But then the bottom fell out. The economic downturn hit baby boomers hard, and by association, members of Gen X and Y, as well. Today all three generations (and an emerging fourth -- currently being called Gen Z) find themselves inhabiting the same work spaces, often not so congenially. In fact, their frustration is often played out online and in water-cooler conversations around the country. For HR, recognizing and effectively managing emerging tensions is important not only to maintain harmony in the workplace, but also to address the potential loss of key talent ready to jump ship as soon as new opportunities emerge.

Boomers will age as they have lived -- like spoiled children who don't want to grow up or take responsibility for anything.

 . . . [A]fter watching boomers age in such an undignified manner, my generation will be so horrified that we will be glad to be out of here by 60 -- which is good since the chances of any of us having a stable job in the future are pretty much nil.

I'm tired of hearing that Gen Y has a sense of entitlement. Guess what? We are entitled to inherit this country. We are entitled to lead this country into the future . . . Get out of the way and let the line of succession progress.

To all of you ranting here about how self-centered, resource-draining and generally annoying the boomers are, I love you. You took the words right outta my mouth, in the words of one of their generations' most prominent spokesmen.

 These are posts from a representative thread of four long pages of comments in response to a Huffington Post article titled "Baby boomers Will Transform Aging in America, Panel Says." 

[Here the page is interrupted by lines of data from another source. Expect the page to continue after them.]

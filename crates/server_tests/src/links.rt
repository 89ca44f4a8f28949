//! Connections, and the first request on one.
use crate::script::Replies;
use crate::servers::{OK, ScriptedLink, link, text};
use byte_streams::{MemoryIn, MemoryOut};
use byte_texts::Memory;
use cluster_admin::PortFault;
use resp2_wire::Reply;
use server_commands::Credentials;
use server_links::{Link, LinkFault, ListReply, ReplyLimit, TextReply, authenticate, connect};
use std::alloc::Global;
use std::io::Write;
use std::net::{Ipv4Addr, SocketAddr, SocketAddrV4, TcpListener};
use std::process::Abort;
use std::test::Fail;
use std::time::Duration;

/// An array of two bulk strings.
const PAIR: &[u8] = b"*2\r\n$3\r\nabc\r\n$4\r\nd\r\ne\r\n";

const PAIRS: Replies = &[OK, PAIR];

const DOUBLE: Replies = &[b"+OK\r\n+OK\r\n", OK];

/// Each reply is read as it is, in pieces of whatever size it comes.
#[test]
fn replies_come_in_pieces(rt: HostRuntime) -> Result<(), Fail> {
    let alloc = rt.alloc();
    for size in 1..PAIR.len() {
        let mut link = link(alloc, PAIRS, size)?;
        assert!(rt; is_simple(&link.ask(alloc, b"x", ReplyLimit::line())?));
        assert!(rt; is_pair(&link.ask(alloc, b"y", ReplyLimit::texts(2))?));
        assert!(rt; link.writer().bytes.as_slice() == b"xy".as_slice());
    }
    Ok(())
}

fn is_simple(reply: &Reply) -> bool {
    matches!(reply, Reply::Simple(_))
}

fn is_pair(reply: &Reply) -> bool {
    let Reply::Array(replies) = reply else {
        return false;
    };
    match replies.get() {
        [first, second] => is_bulk(first, b"abc") && is_bulk(second, b"d\r\ne"),
        _ => false,
    }
}

fn is_bulk(reply: &Reply, wanted: &[u8]) -> bool {
    match reply {
        Reply::Bulk(text) => text.get() == wanted,
        _ => false,
    }
}

/// What stands after a reply is no reply to a later request: the connection is gone.
#[test]
fn a_second_reply_ends_a_connection(rt: HostRuntime) -> Result<(), Fail> {
    let alloc = rt.alloc();
    let mut link = link(alloc, DOUBLE, 100)?;
    assert!(rt; fault_of(alloc, &mut link, b"x") == Some(PortFault::Wire));
    assert!(rt; fault_of(alloc, &mut link, b"y") == Some(PortFault::Wire));
    assert!(rt; link.writer().bytes.as_slice() == b"x".as_slice());
    assert!(rt; link.fault() == Some(LinkFault::NoReply));
    Ok(())
}

/// A text that is longer than a line is no answer to what is answered by one.
#[test]
fn a_long_reply_ends_a_connection(rt: HostRuntime) -> Result<(), Fail> {
    let alloc = rt.alloc();
    let long = long_text(alloc)?;
    let reader = MemoryIn::new(long.as_slice(), false);
    let mut link = Link::new(alloc, reader, MemoryOut::new(alloc, 10))?;
    assert!(rt; link.ask(alloc, b"x", ReplyLimit::line()).err() == Some(PortFault::Wire));
    assert!(rt; link.fault() == Some(LinkFault::TooLong));
    assert!(rt; link.reader().left.len() > 900_000);
    Ok(())
}

fn fault_of(alloc: Global, link: &mut ScriptedLink, request: &[u8]) -> Option<PortFault> {
    link.ask(alloc, request, ReplyLimit::line()).err()
}

/// A text of 1 MiB, and a listing of 1,000 keys of 1 KiB.
#[test]
fn long_replies_are_read(rt: HostRuntime) -> Result<(), Fail> {
    let alloc = rt.alloc();
    let long = long_text(alloc)?;
    assert!(rt; bulk_len(&answer(alloc, long.as_slice())?) == 1_048_576);
    let listing = long_listing(alloc)?;
    assert!(rt; listed_bytes(&answer(alloc, listing.as_slice())?) == 1_024_000);
    Ok(())
}

/// A text may be longer than an argument where that is asked for, as far as the limit.
#[test]
fn long_texts_are_read(rt: HostRuntime) -> Result<(), Fail> {
    let alloc = rt.alloc();
    let long = text_of(alloc, 2_097_152)?;
    assert!(rt; text_len(&text_answer(alloc, long.as_slice(), ReplyLimit::list())?) == 2_097_152);
    let refused = text_answer(alloc, long.as_slice(), ReplyLimit::text());
    assert!(rt; refused.err() == Some(PortFault::Wire));
    let error = text_answer(alloc, b"-ERR no\r\n", ReplyLimit::list())?;
    assert!(rt; matches!(&error, TextReply::Other(_)));
    let cut = text_answer(alloc, b"$2097152\r\nab\r\n", ReplyLimit::list());
    assert!(rt; cut.err() == Some(PortFault::Io));
    Ok(())
}

/// A list of no more texts than an array may have is a reply as any other.
#[test]
fn short_lists_are_replies(rt: HostRuntime) -> Result<(), Fail> {
    let answer = list_answer(rt.alloc(), PAIR, ReplyLimit::texts(2))?;
    assert!(rt; matches!(&answer, ListReply::Other(_)));
    Ok(())
}

/// A long list that ends early, or in which something else stands, is none.
#[test]
fn broken_long_lists_are_refused(rt: HostRuntime) -> Result<(), Fail> {
    let alloc = rt.alloc();
    let cut = list_answer(alloc, b"*2097153\r\n$1\r\nx\r\n", ReplyLimit::texts(100));
    assert!(rt; cut.err() == Some(PortFault::Io));
    let number = list_answer(alloc, b"*2097153\r\n:1\r\n", ReplyLimit::texts(100));
    assert!(rt; number.err() == Some(PortFault::Wire));
    let endless = list_answer(alloc, b"*4294967296\r\n", ReplyLimit::texts(100));
    assert!(rt; endless.err() == Some(PortFault::Wire));
    Ok(())
}

fn list_answer(alloc: Global, bytes: &[u8], limit: ReplyLimit) -> Result<ListReply, PortFault> {
    let mut link = Link::new(
        alloc,
        MemoryIn::new(bytes, false),
        MemoryOut::new(alloc, 10),
    )?;
    link.ask_list(alloc, b"x", limit)
}

fn text_answer(alloc: Global, bytes: &[u8], limit: ReplyLimit) -> Result<TextReply, PortFault> {
    let mut link = Link::new(
        alloc,
        MemoryIn::new(bytes, false),
        MemoryOut::new(alloc, 10),
    )?;
    link.ask_text(alloc, b"x", limit)
}

fn text_len(reply: &TextReply) -> usize {
    match reply {
        TextReply::Text(text) => text.len(),
        TextReply::Other(_) => 0,
    }
}

/// What is read of these bytes, in pieces of 64 KiB.
fn answer(alloc: Global, bytes: &[u8]) -> Result<Reply, PortFault> {
    let mut link = Link::new(
        alloc,
        MemoryIn::new(bytes, false),
        MemoryOut::new(alloc, 10),
    )?;
    link.ask(alloc, b"x", ReplyLimit::texts(1_000))
}

fn long_text(alloc: Global) -> Result<Vec<u8>, Memory> {
    text_of(alloc, 1_048_576)
}

/// A bulk string of so many line feeds.
fn text_of(alloc: Global, length: usize) -> Result<Vec<u8>, Memory> {
    let text = vec![in alloc; b'\n'; length]?;
    let mut bytes = format!(in alloc; "${length}\r\n")?.into_bytes();
    bytes.extend_from_slice(text.as_slice())?;
    bytes.extend_from_slice(b"\r\n")?;
    Ok(bytes)
}

fn long_listing(alloc: Global) -> Result<Vec<u8>, Memory> {
    let mut bytes = Vec::from_slice(alloc, b"*1000\r\n")?;
    for _ in 0..1_000u32 {
        bytes.extend_from_slice(b"$1024\r\n")?;
        bytes.extend_from_slice(&[b'k'; 1_024])?;
        bytes.extend_from_slice(b"\r\n")?;
    }
    Ok(bytes)
}

fn bulk_len(reply: &Reply) -> usize {
    match reply {
        Reply::Bulk(text) => text.get().len(),
        _ => 0,
    }
}

fn listed_bytes(reply: &Reply) -> usize {
    let Reply::Array(replies) = reply else {
        return 0;
    };
    let mut sum = 0usize;
    for reply in replies.get() {
        sum = sum.wrapping_add(bulk_len(reply));
    }
    sum
}

/// The user, the reply to AUTH, whether it lets the connection in, and what was written.
const LOGINS: &[(Option<&[u8]>, Replies, bool, &[u8])] = &[
    (None, &[OK], true, b"*2\r\n$4\r\nAUTH\r\n$6\r\nsecret\r\n"),
    (
        Some(b"me"),
        &[OK],
        true,
        b"*3\r\n$4\r\nAUTH\r\n$2\r\nme\r\n$6\r\nsecret\r\n",
    ),
    (
        None,
        &[b"-WRONGPASS invalid username-password pair or user is disabled.\r\n"],
        false,
        b"*2\r\n$4\r\nAUTH\r\n$6\r\nsecret\r\n",
    ),
    (
        None,
        &[
            b"-ERR AUTH <password> called without any password configured for the default \
            user. Are you sure your configuration is correct?\r\n",
        ],
        true,
        b"*2\r\n$4\r\nAUTH\r\n$6\r\nsecret\r\n",
    ),
    (
        None,
        &[b":1\r\n"],
        false,
        b"*2\r\n$4\r\nAUTH\r\n$6\r\nsecret\r\n",
    ),
];

#[test]
fn passwords_are_shown(rt: HostRuntime) -> Result<(), Fail> {
    let alloc = rt.alloc();
    for (user, replies, wanted, request) in LOGINS {
        let credentials = credentials(alloc, *user)?;
        let mut link = link(alloc, *replies, 100)?;
        assert!(rt; authenticate(alloc, &mut link, &credentials)? == *wanted);
        assert!(rt; link.writer().bytes.as_slice() == *request);
    }
    Ok(())
}

fn credentials(alloc: Global, user: Option<&[u8]>) -> Result<Credentials, Memory> {
    let user = match user {
        Some(user) => Some(text(alloc, user)?),
        None => None,
    };
    Ok(Credentials {
        user,
        password: text(alloc, b"secret")?,
    })
}

/// A connection over sockets answers, and a reply that does not come in time is a failure.
#[test]
fn sockets_are_connected(rt: HostRuntime) -> Result<(), Fail> {
    let alloc = rt.alloc();
    let listener = TcpListener::bind(&rt, "127.0.0.1:0")?;
    let port = listener.local_addr()?.port();
    let address = SocketAddrV4::new(Ipv4Addr::new(127, 0, 0, 1), port);
    let (reader, writer) = connect(
        &rt,
        address,
        Duration::from_secs(5),
        Duration::from_millis(200),
    )?;
    let (mut server, _) = listener.accept()?;
    server.write_all(OK)?;
    let mut link = Link::new(alloc, reader, writer)?;
    assert!(rt; is_simple(&link.ask(alloc, b"x", ReplyLimit::line())?));
    assert!(rt; link.ask(alloc, b"y", ReplyLimit::line()).err() == Some(PortFault::Io));
    assert!(rt; link.fault() == Some(LinkFault::Silent));
    assert!(rt; link.ask(alloc, b"z", ReplyLimit::line()).err() == Some(PortFault::Wire));
    Ok(())
}
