//! Servers that have heard of a slot's new owner, or have not, where the run waits for that.
ghost use Rattle.std.specs.Prelude.{◌≡◌, length};

use crate::plans::call;
use crate::roles::OWNS;
use crate::script::Replies;
use crate::servers::{MASTER, OK, ScriptedPort, waiting_port};
use cluster_admin::{AdminCommand, AdminReply, PortFault};
use key_slots::{NodeId, Slot};
use redis_servers::ServersSeat;
use std::process::Abort;
use std::test::Fail;

/// CLUSTER NODES of n0 or n2, where the slot 5 is that of n1, and where it is that of n0 still.
const HEARD: &[u8] = b"$100\r\n\
        bbbbbbbbbbbbbbbbbbbbbbbbbbbbbbbbbbbbbbbb 127.0.0.1:7001@17001 master - 0 0 4 connected 5 5461-10922\n\
        \r\n";

const UNHEARD: &[u8] = b"$98\r\n\
        bbbbbbbbbbbbbbbbbbbbbbbbbbbbbbbbbbbbbbbb 127.0.0.1:7001@17001 master - 0 0 2 connected 5461-10922\n\
        \r\n";

const SOURCE: Replies = &[OK, MASTER, MASTER, UNHEARD, HEARD];

const TARGET: Replies = &[OK, OWNS];

/// Gives the slot 5 of n0 to n1: whether that is done.
fn is_given(port: &mut ScriptedPort, seat: &mut ServersSeat) -> Result<bool, PortFault>
    requires { length port.old.setup.book ≡ 3 }
{
    let (slot, target) = (Slot::of(5), NodeId::of(1));
    drop(call(port, seat, 0, AdminCommand::Migrating(slot, target))?);
    let told = call(port, seat, 1, AdminCommand::SetNode(slot, target))?;
    let is_done = matches!(&told, AdminReply::Ok);
    drop(told);
    Ok(is_done)
}

#[test]
fn a_slot_is_given_once_all_have_heard(rt: HostRuntime) -> Result<(), Fail> {
    let alloc = rt.alloc();
    let mut port = waiting_port(alloc, SOURCE, TARGET, &[UNHEARD, UNHEARD, HEARD])?;
    let mut seat = ServersSeat::new(alloc)?;
    assert!(rt; is_given(&mut port, &mut seat)?);
    Ok(())
}

#[test]
fn a_slot_of_which_one_has_not_heard_is_counted(rt: HostRuntime) -> Result<(), Fail> {
    let alloc = rt.alloc();
    let third: Replies = &[UNHEARD, UNHEARD, UNHEARD, UNHEARD];
    let mut port = waiting_port(alloc, SOURCE, TARGET, third)?;
    let mut seat = ServersSeat::new(alloc)?;
    assert!(rt; is_given(&mut port, &mut seat)?);
    assert!(rt; port.unheard() == 1);
    match port.said() {
        Some(text) => assert!(rt;
            text.get() == b"n2 has not heard of the slot's owner after 2 seconds".as_slice()
        ),
        None => assert!(rt; false),
    }
    Ok(())
}

/// CLUSTER NODES of n1, where the slot 5 is that of n0, and where it is that of n2 still.
const KNOWN: &[u8] = b"$94\r\n\
        aaaaaaaaaaaaaaaaaaaaaaaaaaaaaaaaaaaaaaaa 127.0.0.1:7000@17000 master - 0 0 1 connected 0-5460\n\
        \r\n";

const UNKNOWN: &[u8] = b"$101\r\n\
        cccccccccccccccccccccccccccccccccccccccc 127.0.0.1:7002@17002 master - 0 0 3 connected 5 10923-16383\n\
        \r\n";

/// Tells n1 to import the slot 5 from n0: whether that is done.
fn is_imported(port: &mut ScriptedPort, seat: &mut ServersSeat) -> Result<bool, PortFault>
    requires { length port.old.setup.book ≡ 3 }
{
    let importing = AdminCommand::Importing(Slot::of(5), NodeId::of(0));
    let told = call(port, seat, 1, importing)?;
    let is_done = matches!(&told, AdminReply::Ok);
    drop(told);
    Ok(is_done)
}

#[test]
fn a_slot_is_imported_once_the_target_has_heard_of_its_owner(rt: HostRuntime) -> Result<(), Fail> {
    let alloc = rt.alloc();
    let mut port = waiting_port(alloc, &[], &[UNKNOWN, UNKNOWN, KNOWN, OK], &[])?;
    let mut seat = ServersSeat::new(alloc)?;
    assert!(rt; is_imported(&mut port, &mut seat)?);
    let mut port = waiting_port(alloc, &[], &[UNKNOWN, UNKNOWN, UNKNOWN, UNKNOWN, OK], &[])?;
    let mut seat = ServersSeat::new(alloc)?;
    assert!(rt; is_imported(&mut port, &mut seat).is_err());
    Ok(())
}
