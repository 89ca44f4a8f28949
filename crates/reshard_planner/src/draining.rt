//! Nodes that give all of their slots away.
ghost use Rattle.std.specs.Prelude.{◌≡◌, ℕ, ◌≤◌, ◌<◌, IfOk, List, MatchResult, length, slice_index};
ghost use Rattle.std.specs.List.{All};
ghost use Rattle.cluster_admin.specs.Phases.{closed_by};
ghost use Rattle.plan_language.specs.Lines.{plan_commands};
ghost use Rattle.plan_semantics.specs.Plans.{Legal};
ghost use Rattle.reshard_planner.specs.Answers.{Gives, drain_answer};
ghost use Rattle.reshard_planner.specs.Draining.{IsDrain, are_mixed, emptied, filled, least};
ghost use Rattle.reshard_planner.specs.Exchanges.{IsAnsweredBy, IsRefused};
ghost use Rattle.reshard_planner.specs.Holding.{held as held_by};
ghost use Rattle.reshard_planner.specs.Starts.{Lists};

use crate::exchange::Exchange;
use crate::held::{PerNode, held_by_node};
use crate::planner_fault::PlannerFault;
use crate::rebalancing::excess;
use crate::resharding::{is_source, source_weights};
use crate::shares::sum_over;
use key_slots::{NodeId, OwnerTable};
use plan_language::Plan;
use std::alloc::Global;

/// A plan by which the sources give all of their slots to the targets, and no other slot moves. Each slot in turn is
/// counted for the target that has the fewest by then, so a target that was given one holds at most one slot more than
/// any other target. A node that is named twice counts once. A batch is 1 to 1,000 keys. Of more than eight nodes the
/// plan lists no names yet: the caller puts them in. Looks at each target once for each slot that moves.
pub fn drain(
    alloc: Global,
    owners: &OwnerTable,
    sources: &[NodeId],
    targets: &[NodeId],
    batch: u16,
) -> Result<Plan, PlannerFault>
    requires targets_exist { All (λ t. t < owners.now.nodes) targets.now }
    requires some_keys { 1 ≤ batch }
    requires most_keys { batch ≤ 1000 }
    ensures exact { Gives owners.now.nodes result (drain_answer owners.now sources.now targets.now batch) }
    ensures legal { IfOk result
        (λ plan. Legal plan.version (plan_commands owners.now.nodes plan.lines)
        (closed_by owners.now.owners) owners.now.nodes) }
    ensures drains { IfOk result (λ plan. IsDrain owners.now sources.now targets.now plan.lines) }
{
    let exchange = drain_exchange(owners, sources, targets)?;
    Ok(exchange.plan(alloc, owners, batch)?)
}

/// What each source gives, and what each target takes.
fn drain_exchange(
    owners: &OwnerTable,
    sources: &[NodeId],
    targets: &[NodeId],
) -> Result<Exchange, PlannerFault>
    requires targets_exist { All (λ t. t < owners.now.nodes) targets.now }
    ensures { MatchResult result
        (λ e. IsAnsweredBy owners.now (drain_answer owners.now sources.now targets.now) e.gives e.takes)
        (IsRefused (drain_answer owners.now sources.now targets.now)) }
{
    if sources.is_empty() {
        return Err(PlannerFault::NoSource);
    }
    let [target, others @ ..] = targets else {
        return Err(PlannerFault::NoTarget);
    };
    if are_mixed(sources, targets) {
        return Err(PlannerFault::TargetIsSource);
    }
    let nodes = owners.nodes();
    let held = held_by_node(owners);
    let weights = source_weights(&held, sources);
    let total = sum_over(&weights, nodes);
    let quotas = filled(emptied(&held, sources), total, *target, others);
    Ok(Exchange {
        gives: excess(&held, &quotas, nodes),
        takes: excess(&quotas, &held, nodes),
    })
}

/// Whether one of the targets is a source.
fn are_mixed(sources: &[NodeId], targets: &[NodeId]) -> bool
    ensures { result ≡ are_mixed sources.now targets.now }
{
    targets.iter().any(|target| is_source(sources, *target))
}

/// How many slots each node holds, and 0 for a source.
fn emptied(held: &PerNode, sources: &[NodeId]) -> PerNode
    ensures holds { (owners : List ℕ) → Lists (held_by owners) 255 held.now
        → Lists (emptied owners sources.now) 255 result }
{
    let mut emptied = *held;
    for source in sources {
        emptied[usize::from(source.get())] = 0;
    }
    emptied
}

/// So many slots are dealt out among the target and the others, each to the node that holds least by then.
fn filled(emptied: PerNode, count: usize, target: NodeId, others: &[NodeId]) -> PerNode
    requires few { count ≤ 16384 }
    requires small { (node : ℕ) → node < 255 → slice_index emptied node ≤ 16384 }
    requires target { target < 255 }
    requires others { All (λ t. t < 255) others.now }
    ensures { (holds : ℕ → ℕ) → Lists holds 255 emptied → Lists (filled holds target others.now count) 255 result }
{
    let mut quotas = emptied;
    for _ in 0..count {
        let node = least(&quotas, target, others);
        quotas[usize::from(node.get())] += 1;
    }
    quotas
}

/// The node that holds least of the target and the others, the first such one.
fn least(quotas: &PerNode, target: NodeId, others: &[NodeId]) -> NodeId
    ensures { result ≡ least (λ node. slice_index quotas.now node) target others.now }
{
    let mut least = target;
    for other in others {
        if quotas[usize::from(other.get())] < quotas[usize::from(least.get())] {
            least = *other;
        }
    }
    least
}
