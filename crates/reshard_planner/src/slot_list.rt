ghost use Rattle.std.specs.Prelude.{◌≡◌, ◌-◌, ◌≤◌, ◌++◌, [], IfOk, length, OnOk, take};
ghost use Rattle.plan_language.specs.Lines.{numbers_from};
ghost use Rattle.reshard_planner.specs.Starts.{AreSlotsOf};

use crate::starts::range_at;
use byte_texts::Memory;
use key_slots::{OwnerTable, Slot};
use std::alloc::Global;
use std::marker::Model;

/// Slots in order.
#[derive(Drop)]
pub(crate) struct SlotList {
    slots: Vec<Slot>,
}

impl Model for SlotList {
    ghost use Rattle.std.specs.Prelude.{ℕ, List};

    ghost Value = { List ℕ };

    ghost view = { λ l. l.slots.items };
}

impl SlotList {
    /// The first of them, at most so many.
    pub(crate) fn lowest(&self, count: usize) -> &[Slot]
        ensures { result.now ≡ take count self.now }
    {
        let slots = self.slots.as_slice();
        &slots[..count.min(slots.len())]
    }

    /// Puts the slots from the first up to the end after the others.
    fn push_all(&mut self, first: u16, end: u16) -> Result<(), Memory>
        requires order { first ≤ end }
        requires within { end ≤ 16384 }
        ensures { OnOk result (self.new ≡ self.old ++ numbers_from first (end - first)) }
    {
        for number in first..end {
            self.slots.push(Slot::of(number))?;
        }
        Ok(())
    }
}

/// The slots of each node, ascending.
pub(crate) fn slots_by_node(alloc: Global, owners: &OwnerTable) -> Result<Vec<SlotList>, Memory>
    ensures { IfOk result (λ lists. AreSlotsOf owners.now.nodes owners.now.owners lists.items) }
{
    let nodes = owners.nodes();
    let mut lists = empty_lists(alloc, nodes)?;
    let starts = owners.starts();
    for place in 0..starts.len() {
        let range = range_at(starts, place);
        lists[usize::from(range.owner.get())].push_all(range.first, range.end)?;
    }
    Ok(lists)
}

/// An empty list for each of so many nodes.
fn empty_lists(alloc: Global, nodes: u8) -> Result<Vec<SlotList>, Memory>
    ensures { IfOk result (λ lists. AreSlotsOf nodes [] lists.items) }
{
    let mut lists = Vec::with_capacity(alloc, usize::from(nodes))?;
    for _ in 0..nodes {
        lists.push(SlotList {
            slots: Vec::new(alloc),
        })?;
    }
    Ok(lists)
}
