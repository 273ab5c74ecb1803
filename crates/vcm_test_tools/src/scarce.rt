//! Little memory: all of the address space is taken up but for a budget.

use std::alloc::{AllocError, Global};

// How many bytes are held back, of which a budget is given.
const RESERVE: usize = 98_304;

// Takes blocks of one size as long as memory gives them. Nothing is written to them.
fn take(alloc: Global, taken: &mut Vec<Vec<u8>>, size: usize) -> Result<(), AllocError> {
    for _ in 0..100_000 {
        let Ok(block) = Vec::with_capacity(alloc, size) else {
            break;
        };
        taken.push(block)?;
    }
    Ok(())
}

// Takes blocks of falling sizes, from 2^from down to 2^to bytes.
fn take_all(alloc: Global, taken: &mut Vec<Vec<u8>>, from: u32, to: u32) -> Result<(), AllocError> {
    for exponent in (to..=from).rev() {
        take(alloc, taken, 1usize.wrapping_shl(exponent))?;
    }
    Ok(())
}

// Takes the freed blocks of at most 1,032 bytes, which the C library keeps by their sizes.
fn take_kept(alloc: Global, taken: &mut Vec<Vec<u8>>) -> Result<(), AllocError> {
    for size in (1..=64usize).rev() {
        take(alloc, taken, size * 16 + 8)?;
    }
    Ok(())
}

/// All memory but a little, which is given back by a drop.
#[derive(Drop)]
pub struct Scarce {
    large: Vec<Vec<u8>>,
    small: Vec<Vec<u8>>,
}

impl Scarce {
    /// Takes the blocks of 2^30 bytes and more.
    pub fn new(alloc: Global) -> Result<Scarce, AllocError> {
        let mut large = Vec::with_capacity(alloc, 1 << 20)?;
        let small = Vec::with_capacity(alloc, 1 << 16)?;
        take_all(alloc, &mut large, 40, 30)?;
        Ok(Scarce { large, small })
    }

    /// Takes the smaller blocks too, and leaves about so many bytes, at most 98,304.
    pub fn leave(&mut self, alloc: Global, budget: usize) -> Result<(), AllocError> {
        let reserve: Vec<u8> = Vec::with_capacity(alloc, RESERVE)?;
        take_all(alloc, &mut self.small, 29, 0)?;
        take_kept(alloc, &mut self.small)?;
        drop(reserve);
        let rest = Vec::with_capacity(alloc, RESERVE.saturating_sub(budget))?;
        self.small.push(rest)?;
        Ok(())
    }

    /// Gives the blocks below 2^30 bytes back.
    pub fn ease(&mut self) {
        self.small.clear();
    }
}
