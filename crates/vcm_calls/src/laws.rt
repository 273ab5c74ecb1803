//! The law of CALLs, the contract of a function without a body.

ghost use Rattle.vcm_calls.specs.Carried.{CarriesOutTheWalk};

/// The CALLs that are told are those that the expansion of macros carries out, in their order, each with its line and how deep it is nested.
pub fn carries_out_the_walk()
    ensures { CarriesOutTheWalk }
{}
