class Stage {
  // `whenStepped` is called with the step of a piece that is clicked.
  constructor(run, whenStepped) {
    this.run = run;
    this.whenStepped = whenStepped;
    this.camera = { centre: [0, 0, 0], scale: 0.001, solid: 1 };
    this.colours = readColours();
    this.fitting = \"all\";
    this.step = 0;
    this.probe = run.home;
    this.isWaiting = false;
    this.later = 0;
    this.isOnPaper = false;
    this.flat = [\"top\", \"front\", \"side\"].map((key) => new Sheet(run, this.canvasOf(key), key, this.camera));
    this.profile = new Profile(run, $(\"profile\"));
    this.solid = null;
    try {
      const solid = new Solid(run, document.querySelector(\"canvas.gl\"), document.querySelector(\"canvas.over\"), this.camera);
      if (solid.gl) this.solid = solid;
    } catch (fault) { /* the other three views show the same */ }
    if (!this.solid) document.querySelector(\"[data-sheet=solid]\").classList.add(\"none\");
    const whole = boxOf(pointsOfWhole(run));
    this.boxes = { all: whole, part: run.blocks.length ? boxOf(pointsOfPart(run)) : whole };
    this.makeLegend();
    for (const sheet of [...this.flat, ...(this.solid ? [this.solid] : [])]) this.listenTo(sheet);
    for (const it of document.getElementsByName(\"view\")) it.onchange = () => this.setView(it.value);
"
}

/// Part 48 of the script.
pub(crate) fn script_48() -> &'static [u8] {
    b"    for (const it of document.getElementsByName(\"fit\")) it.onchange = () => this.fit(it.value);
    for (const it of document.querySelectorAll(\"[data-turn]\")) it.onclick = () => {
      const [x, y] = { left: [-0.2, 0], right: [0.2, 0], up: [0, 0.15], down: [0, -0.15] }[it.dataset.turn];
      if (this.solid) this.solid.turn(x, y);
      this.draw();
    };
    new ResizeObserver(() => this.fitting ? this.fitNow() : this.draw()).observe(document.querySelector(\".sheets\"));
    new ResizeObserver(() => this.draw()).observe($(\"profile\"));
    matchMedia(\"(prefers-color-scheme: dark)\").addEventListener(\"change\", () => this.recolour());
  }
  canvasOf(key) {
    return document.querySelector(`[data-sheet=${key}] canvas:not(.gl)`);
  }
  makeLegend() {
    const { run } = this, legend = $(\"legend\"), kinds = new Set(run.kinds);
    for (const kind of \"measrx\") if (kinds.has(kind)) legend.append(element(\"span\", kindNames[kind], \"key \" + kind), \" \");
    if (run.turns.size) legend.append(element(\"span\", \"turn of the head\", \"key turn\"), \" \");
    if (run.touches.length) legend.append(element(\"span\", \"touched\", \"key dot\"), \" \");
    legend.append(element(\"span\", \"probe\", \"key ring\"));
  }

  // ---- what is in view

  setView(view) {
    $(\"views\").dataset.view = view;
    for (const it of document.getElementsByName(\"view\")) it.checked = it.value === view;
    this.fitNow();
    this.draw();
  }
  fit(what) {
    this.fitting = what;
    for (const it of document.getElementsByName(\"fit\")) it.checked = it.value === what;
    this.fitNow();
  }
  fitNow() {
    const { camera, fitting, run, solid } = this;
    if (!fitting) return;
    let box = this.boxes[fitting];
    if (fitting === \"probe\") {
      const reach = Math.max(8000, 6 * tipAt(run, this.step));
      box = { low: this.probe.map((x) => x - reach), high: this.probe.map((x) => x + reach) };
    }
    camera.centre = box.low.map((x, k) => (x + box.high[k]) / 2);
    const size = box.high.map((x, k) => Math.max(x - box.low[k], 2000));
    let scale = Infinity;
"
}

But to what extent do these comments reflect sentiments of the workforce?

Lisa Johnson Mandell, Los Angeles-based author of Career Comeback -- Repackage Yourself to Get the Job You Want (and a baby boomer herself) is willing to acknowledge some legitimate complaints that she heard while researching her book. The two most common lodged against baby boomers involved:

*           Taking time off to attend to their families and expecting younger, single workers to finish the tasks.

*           Not adapting to new technology and expecting younger workers to cover for them: "You're so good with computers, would you take care of it for me?"

She also heard complaints from boomers lodged against younger workers, with the most common being:

*           Their expectation to be promoted quickly, without having proven themselves, just because they show up.

*           Their need for constant, positive feedback.

The situation is awkward, but not insurmountable, she says. In fact, she notes: "Boomers need to recall how much they resented the Silent Generation [the demographic preceding the boomers] for standing in their way."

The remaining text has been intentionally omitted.